1.4 The solar panel revolution - Annual Report 2017

When we imagine solar panels, we think of hard rectangular frames sitting on roofs, or spread out across expanses of deserts.

But imagine flexible, bendy solar panels, supple enough to skim a curved roof, pliable enough to be rolled up and transported easily, lightweight enough to be a thin film for the roof of a tent, and portable enough to be rolled out to generate power for emergency relief operations or taken into remote areas.

Printable solar materials that will allow all of this are closer than we think. Lead researcher in this MacDiarmid project, Associate Professor Justin Hodgkiss, says new printable photovoltaics will be low cost and able to replace silicon as the next generation of photovoltaic materials.

“Silicon cells are getting cheaper but still require a high-temperature, high-vacuum manufacturing process. For solar energy to be really accessible it needs to be much cheaper and faster to manufacture,” says Hodgkiss.

He says these printable semiconductors, including polymers and nanoparticles, can potentially be manufactured on a roll, cutting production costs.

“Their ease of transport and light weight also mean it is feasible for these to be manufactured in New Zealand and shipped anywhere in the world.”

Shiny is the enemy of good

When we see photos of those bright, shiny swathes of solar farms, we don’t automatically think of their shininess as a problem. But Hodgkiss says an ideal solar panel would look black. “Every bit of light that reflects off a solar panel is light not transformed into electricity. When no light bounces off, it means all visible light is getting in.”

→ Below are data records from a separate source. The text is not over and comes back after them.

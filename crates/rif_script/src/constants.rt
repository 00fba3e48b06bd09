//! Constants as the lines of a script have them.
ghost use Rattle.std.specs.Prelude.{◌≡◌, ◌∷◌, [], length};
ghost use Rattle.rif_script.specs.ReadingItems.{begins_close, const_behind, const_from, consts_from, int_const};
ghost use Rattle.rif_script.specs.ReadingItems.{iri_const, literal_const, truth_const};
ghost use Rattle.rif_script.specs.SentLeaves.{Gives, seen, with_seen};

use crate::line_fault::LineFault;
use crate::sent_tokens::SentTokens;
use prd_reader::{Leaf, Literal, TextPool};
use rif_tree::Keyword;
use rif_values::{Const, Integer, Listed, Text};

/// The constant at the front, and the tokens behind it.
#[tactic(auto, unfolding(crate::specs::ReadingItems::const_from))]
pub fn read_const<'a>(
    pool: &mut TextPool,
    at: SentTokens<'a>,
) -> Result<(Const, SentTokens<'a>), LineFault>
    ensures { Gives with_seen result (const_from (seen at.entry)) }
{
    let Some((leaf, rest)) = at.first(pool)? else {
        return Err(LineFault::Bad);
    };
    const_behind(pool, leaf, rest)
}

/// The constant that begins with a leaf, behind which these tokens stand, and the tokens behind it.
pub fn const_behind<'a>(
    pool: &mut TextPool,
    leaf: Leaf,
    rest: SentTokens<'a>,
) -> Result<(Const, SentTokens<'a>), LineFault>
    ensures { Gives with_seen result (const_behind (seen rest.entry) leaf) }
{
    match leaf {
        Leaf::Typed(literal) => {
            let rest = rest.past_type(pool)?;
            Ok((literal_const(literal)?, rest))
        }
        Leaf::Key(word) => Ok((truth_const(word)?, rest)),
        Leaf::Int(number) => Ok((int_const(number)?, rest)),
        Leaf::Str(text) => Ok((Const::Str(text), rest)),
        Leaf::Iri(text) => Ok((Const::Iri(text), rest)),
        Leaf::Curie(iri) => Ok((iri_const(iri)?, rest)),
        Leaf::Local(text) => Ok((Const::Local(text), rest)),
        _ => Err(LineFault::Bad),
    }
}

/// The constants up to a bracket, and the tokens behind it.
pub fn read_consts<'a>(
    pool: &mut TextPool,
    at: SentTokens<'a>,
) -> Result<(Listed<Const>, SentTokens<'a>), LineFault>
    ensures { Gives with_seen result (consts_from (length (seen at.entry)) (seen at.entry)) }
{
    let mut found = Listed::new(pool.alloc());
    let mut left = at.len();
    let mut rest = at;
    while left > 0 {
        left -= 1;
        let Some((leaf, behind)) = rest.first(pool)? else {
            return Err(LineFault::Bad);
        };
        if is_close(&leaf) {
            return Ok((found, behind));
        }
        let (constant, next) = const_behind(pool, leaf, behind)?;
        found.push(constant)?;
        rest = next;
    }
    Err(LineFault::Bad)
}

fn is_close(leaf: &Leaf) -> bool
    ensures { result ≡ begins_close (leaf.now ∷ []) }
{
    matches!(leaf, Leaf::Close)
}

fn literal_const(literal: Literal) -> Result<Const, LineFault>
    ensures { Gives (λ c. c) result (literal_const literal) }
{
    match literal {
        Literal::Integer(number) => int_const(number),
        Literal::Boolean(truth) => Ok(Const::Bool(truth)),
        Literal::String(text) => Ok(Const::Str(text)),
        Literal::Iri(text) => Ok(Const::Iri(text)),
        Literal::Local(text) => Ok(Const::Local(text)),
        Literal::OfNoType => Err(LineFault::Bad),
    }
}

fn truth_const(word: Keyword) -> Result<Const, LineFault>
    ensures { Gives (λ c. c) result (truth_const word) }
{
    match word {
        Keyword::True => Ok(Const::Bool(true)),
        Keyword::False => Ok(Const::Bool(false)),
        _ => Err(LineFault::Bad),
    }
}

fn int_const(number: Option<Integer>) -> Result<Const, LineFault>
    ensures { Gives (λ c. c) result (int_const number) }
{
    match number {
        Some(number) => Ok(Const::Int(number)),
        None => Err(LineFault::Bad),
    }
}

fn iri_const(iri: Option<Text>) -> Result<Const, LineFault>
    ensures { Gives (λ c. c) result (iri_const iri) }
{
    match iri {
        Some(iri) => Ok(Const::Iri(iri)),
        None => Err(LineFault::Bad),
    }
}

This is where nanotechnology comes in. Hodgkiss compares the idea to radio antennae on the roof of a building. “When you see large antennae on the top of buildings, their size is related to the radio frequencies they’re tracking. Radio waves are of the order of metres, so the antenna discs are this size. But optical wavelengths are in the order of hundreds of nanometres.”

He says the MacDiarmid team working on this (which includes University of Canterbury Professor Maan Alkaisi and Victoria University of Wellington Professor Eric Le Ru) is effectively creating tiny antennae that capture light and can direct it inside the solar panels.

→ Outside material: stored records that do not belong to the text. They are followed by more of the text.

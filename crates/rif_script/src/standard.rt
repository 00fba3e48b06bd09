ghost use Rattle.std.specs.Prelude.{◌≡◌};
ghost use Rattle.rif_script.specs.Standard.{flushed_bytes};

use crate::failed::Failed;
use crate::sink::Sink;
use crate::source::Source;
use std::io::{Read, Write};

/// A source over a reader. It tells what is left where the reader does: a standard stream doesn't.
#[derive(Drop)]
pub struct StdSource<R: Read> {
    reader: R,
    faults: u64,
}

impl<R: Read> StdSource<R> {
    /// A source of what the reader gives, without a fault so far.
    pub fn new(reader: R) -> StdSource<R>
        ensures left { ⟦<StdSource<R> as Source>⟧.left result ≡ R.remaining reader }
        ensures faults { ⟦<StdSource<R> as Source>⟧.faults result ≡ 0 }
    {
        StdSource { reader, faults: 0 }
    }
}

/// Each error of the reader is a fault.
impl<R: Read> Source for StdSource<R> {
    ghost left = { λ source. R.remaining source.reader };

    ghost faults = { λ source. source.faults };

    fn take(&mut self, buf: &mut [u8]) -> Result<usize, Failed> {
        let answer = self.reader.read(buf).map_err(|_| Failed);
        self.faults += u64::from(answer.is_err());
        answer
    }
}

/// A sink over a writer, which it flushes after each write. It tells what was written where the writer
/// does: a standard stream doesn't.
#[derive(Drop)]
pub struct StdSink<W: Write> {
    writer: W,
    faults: u64,
    /// How many of the bytes that the writer took last couldn't be flushed. Where there are some, the
    /// sink takes no more.
    unflushed: usize,
}

impl<W: Write> StdSink<W> {
    /// A sink to the writer, without a fault so far.
    pub fn new(writer: W) -> StdSink<W>
        ensures written { ⟦<StdSink<W> as Sink>⟧.written result ≡ W.contents writer }
        ensures faults { ⟦<StdSink<W> as Sink>⟧.faults result ≡ 0 }
    {
        StdSink {
            writer,
            faults: 0,
            unflushed: 0,
        }
    }
}

/// Each error of the writer is a fault, and so is a write of nothing, where the piece isn't empty.
impl<W: Write> Sink for StdSink<W> {
    ghost written = { λ sink. flushed_bytes sink.unflushed (W.contents sink.writer) };

    ghost faults = { λ sink. sink.faults };

    fn give(&mut self, piece: &[u8]) -> Result<usize, Failed> {
        if self.unflushed == 0
            && let Ok(count) = self.writer.write(piece)
            && (count > 0 || piece.is_empty())
        {
            if self.writer.flush().is_ok() {
                return Ok(count);
            }
            self.unflushed = count;
        }
        self.faults += 1;
        Err(Failed)
    }
}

“We’re making nanopatterns that make sure that light gets in and is not bounced away, and that capture and focus the light waves directly where they are needed in the solar panels.”

Blitzing with lasers

Figuring out which new materials are going to work best as solar panels involves a bit of trial and error, and a lot of very precise laser measurement. This has shaped the career of Hodgkiss, who switched from straight chemistry to using physics techniques to trial new solar contenders.

“When I started out as a chemist I was looking at molecular models for solar power conversion and trying to devise the best ‘recipe’. But I soon realised that real devices were already way more effective at solar-energy conversion than our models were ever likely to be. So we changed our approach; instead, we tried to understand how real solar photovoltaic devices work, and when comparing lots of them, to find the perfect recipe. We study the cells by blitzing them with very short pulses of lasers – essentially doing strobe photography – and taking snapshots of the electricity being produced.

“The MacDiarmid team is using lasers to understand where the energy losses are happening, where, for example, heat is being generated instead of electricity,” Hodgkiss explains.

The team also includes Professor Keith Gordon from Otago University, who is using lasers to help see the structure of materials inside a solar cell.

Hodgkiss emphasises the New Zealand-wide nature of these projects. “Each of these solar projects involves researchers from universities up and down New Zealand who wouldn’t be working together if it wasn’t for the MacDiarmid funding the research and collaboration, which enables them to connect.”